**EXERCISE AIM:** Every line of the records that contains the string "Close" counts once; give the total and nothing else.

**Records from a collection:**
----
//! What a byte does, from what the reader keeps.

ghost use Rattle.std.specs.Prelude.{◌≡◌, ◌==◌, ◌<◌, if◌then◌else◌, length};
ghost use Rattle.gj_json.specs.Internal.NamedBytes.{mark_first};
ghost use Rattle.gj_json.specs.Internal.ByteClasses.{class_of};
ghost use Rattle.gj_json.specs.Grammar.{letters_of};
ghost use Rattle.gj_json.specs.Internal.Transitions.{begin_move, due_move, array_move, name_move, object_move, name_due_move, colon_move, after_move};
ghost use Rattle.gj_json.specs.Internal.Transitions.{constant_move, value_string_move, name_string_move, string_move, move_of, IsMode, IsMove, IsStringState};
ghost use Rattle.gj_json.specs.Internal.TextMachine.{string_next};
ghost use Rattle.gj_json.specs.Internal.KeptContent.{words_in};
ghost use Rattle.gj_json.specs.Internal.ReaderStep.{opened};
ghost use Rattle.gj_json.specs.declared.mode.Ending.TheVariants.{Nothing};
ghost use Rattle.gj_json.specs.declared.mode.Mode.TheVariants.{MarkOne};
ghost use Rattle.gj_json.specs.declared.mode.Move.TheVariants.{Go, Refuse};
ghost use Rattle.gj_json.specs.Internal.ToldEvents.{Ends};

use crate::class::{Class, classify};
use crate::constant::Constant;
use crate::content::Content;
use crate::levels::Level;
use crate::mode::{Ending, Mode, Move, StringMove, StringState};
use crate::strings::next_string;

/// U+FEFF in UTF-8.
const MARK_FIRST: u8 = 0xEF;

const MARK_SECOND: u8 = 0xBB;

const MARK_THIRD: u8 = 0xBF;

#[inline(always)]
fn begin(class: Class) -> Move
    ensures value { result ≡ begin_move class }
    ensures mode { IsMove result }
{
    match class {
        Class::OpenArray => Move::Open(Level::Array),
        Class::OpenObject => Move::Open(Level::Object),
        Class::Quote => Move::Go(Mode::StringOn(StringState::Plain), Ending::Nothing),
        Class::NumberStart => Move::Go(Mode::NumberOn, Ending::Nothing),
        Class::Letter(which) => Move::Go(Mode::ConstantOn(which, 1), Ending::Nothing),
        _ => Move::Refuse,
    }
}

#[inline(always)]
fn begin_name(class: Class) -> Move
    ensures value { result ≡ name_move class }
    ensures mode { IsMove result }
{
    match class {
        Class::Quote => Move::Go(Mode::NameOn(StringState::Plain), Ending::Nothing),
        _ => Move::Refuse,
    }
}

/// What a byte after a value does.
#[inline(always)]
#[tactic(auto, unfolding(crate::specs::Internal::ByteClasses::class_of))]
pub fn after_value(inner: Option<Level>, byte: u8) -> Move
    ensures value { result ≡ after_move inner (class_of byte) }
    ensures mode { IsMove result }
{
    match byte {
        b',' => match inner {
            Some(Level::Object) => Move::Go(Mode::NameDue, Ending::Item),
            Some(Level::Array) => Move::Go(Mode::ValueDue, Ending::Item),
            None => Move::Refuse,
        },
        b'}' => match inner {
            Some(Level::Object) => Move::Close(Level::Object),
            _ => Move::Refuse,
        },
        b']' => match inner {
            Some(Level::Array) => Move::Close(Level::Array),
            _ => Move::Refuse,
        },
        b' ' | b'\t' | b'\n' | b'\r' => Move::Go(Mode::ValueDone, Ending::Nothing),
        _ => Move::Refuse,
    }
}

/// The mode after the bracket that opens a level.
#[inline(always)]
pub fn opened_mode(level: Level) -> Mode
    ensures { result ≡ opened level }
{
    match level {
        Level::Array => Mode::ArrayOpened,
        Level::Object => Mode::ObjectOpened,
    }
}

fn letters(which: Constant) -> &'static [u8]
    ensures { result.now ≡ letters_of which }
{
    match which {
        Constant::Null => b"null",
        Constant::True => b"true",
        Constant::False => b"false",
    }
}

fn next_letter(which: Constant, count: u8, byte: u8) -> Move
    requires { count < length (letters_of which) }
    ensures value { result ≡ constant_move which count byte }
    ensures mode { IsMove result }
{
    let all = letters(which);
    if byte == all[count as usize] {
        if count as usize + 1 == all.len() {
            Move::Go(Mode::ValueDone, Ending::Literal(which))
        } else {
            Move::Go(Mode::ConstantOn(which, count + 1), Ending::Nothing)
        }
    } else {
        Move::Refuse
    }
}

fn next_of_text(byte: u8) -> Move
    ensures value { result ≡ (if byte == mark_first then Go MarkOne Nothing else due_move (class_of byte)) }
    ensures mode { IsMove result }
{
    if byte == MARK_FIRST {
        return Move::Go(Mode::MarkOne, Ending::Nothing);
    }
    value_due(classify(byte))
}

fn expect(byte: u8, expected: u8, mode: Mode, ending: Ending) -> Move
    requires { IsMode mode }
    ensures value { result ≡ (if byte == expected then Go mode ending else Refuse) }
    ensures mode { IsMove result }
{
    if byte == expected {
        Move::Go(mode, ending)
    } else {
        Move::Refuse
    }
}

#[inline(always)]
fn value_due(class: Class) -> Move
    ensures value { result ≡ due_move class }
    ensures mode { IsMove result }
{
    match class {
        Class::White => Move::Go(Mode::ValueDue, Ending::Nothing),
        class => begin(class),
    }
}

#[inline(always)]
fn array_opened(class: Class) -> Move
    ensures value { result ≡ array_move class }
    ensures mode { IsMove result }
{
    match class {
        Class::White => Move::Go(Mode::ArrayOpened, Ending::Nothing),
        Class::CloseArray => Move::Close(Level::Array),
        class => begin(class),
    }
}

#[inline(always)]
fn object_opened(class: Class) -> Move
    ensures value { result ≡ object_move class }
    ensures mode { IsMove result }
{
    match class {
        Class::White => Move::Go(Mode::ObjectOpened, Ending::Nothing),
        Class::CloseObject => Move::Close(Level::Object),
        class => begin_name(class),
    }
}

#[inline(always)]
fn name_due(class: Class) -> Move
    ensures value { result ≡ name_due_move class }
    ensures mode { IsMove result }
{
    match class {
        Class::White => Move::Go(Mode::NameDue, Ending::Nothing),
        class => begin_name(class),
    }
}

#[inline(always)]
fn colon_due(class: Class) -> Move
    ensures value { result ≡ colon_move class }
    ensures mode { IsMove result }
{
    match class {
        Class::White => Move::Go(Mode::ColonDue, Ending::Nothing),
        Class::Colon => Move::Go(Mode::ValueDue, Ending::Nothing),
        _ => Move::Refuse,
    }
}

/// In a string or a name, of which this is the content so far.
fn in_string(state: StringState, content: &Content, byte: u8) -> Move
    requires { IsStringState state }
    ensures value { result ≡ value_string_move (words_in content.now) (string_move (string_next state byte)) }
    ensures mode { IsMove result }
{
    match next_string(state, byte) {
        StringMove::Ends => Move::Go(Mode::ValueDone, Ending::Text(content.word())),
        StringMove::Goes(next) => Move::Go(Mode::StringOn(next), Ending::Nothing),
        StringMove::Reads(_) => Move::Go(Mode::StringOn(StringState::Plain), Ending::Nothing),
        StringMove::Refuses => Move::Refuse,
    }
}

fn in_name(state: StringState, content: &Content, byte: u8) -> Move
    requires { IsStringState state }
    ensures value { result ≡ name_string_move (words_in content.now) (string_move (string_next state byte)) }
    ensures mode { IsMove result }
{
    match next_string(state, byte) {
        StringMove::Ends => Move::Go(Mode::ColonDue, Ending::Name(content.known())),
        StringMove::Goes(next) => Move::Go(Mode::NameOn(next), Ending::Nothing),
        StringMove::Reads(_) => Move::Go(Mode::NameOn(StringState::Plain), Ending::Nothing),
        StringMove::Refuses => Move::Refuse,
    }
}

/// What a byte does in a mode, where `inner` is the innermost level that is open, a number under way has ended, and this is
/// the content of the string or the name under way.
#[inline(always)]
pub fn next(mode: Mode, inner: Option<Level>, content: &Content, byte: u8) -> Move
    requires { IsMode mode }
    ensures value { result ≡ move_of mode Ends inner (words_in content.now) byte }
    ensures mode { IsMove result }
{
    match mode {
        Mode::TextDue => next_of_text(byte),
        Mode::MarkOne => expect(byte, MARK_SECOND, Mode::MarkTwo, Ending::Nothing),
        Mode::MarkTwo => expect(byte, MARK_THIRD, Mode::ValueDue, Ending::Mark),
        Mode::ValueDue => value_due(classify(byte)),
        Mode::ValueDone | Mode::NumberOn => after_value(inner, byte),
        Mode::ArrayOpened => array_opened(classify(byte)),
        Mode::ObjectOpened => object_opened(classify(byte)),
        Mode::ConstantOn(which, count) => next_letter(which, count, byte),
        Mode::StringOn(state) => in_string(state, content, byte),
        Mode::NameDue => name_due(classify(byte)),
        Mode::NameOn(state) => in_name(state, content, byte),
        Mode::ColonDue => colon_due(classify(byte)),
    }
}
----
**ANSWER FOR THIS EXERCISE:** 4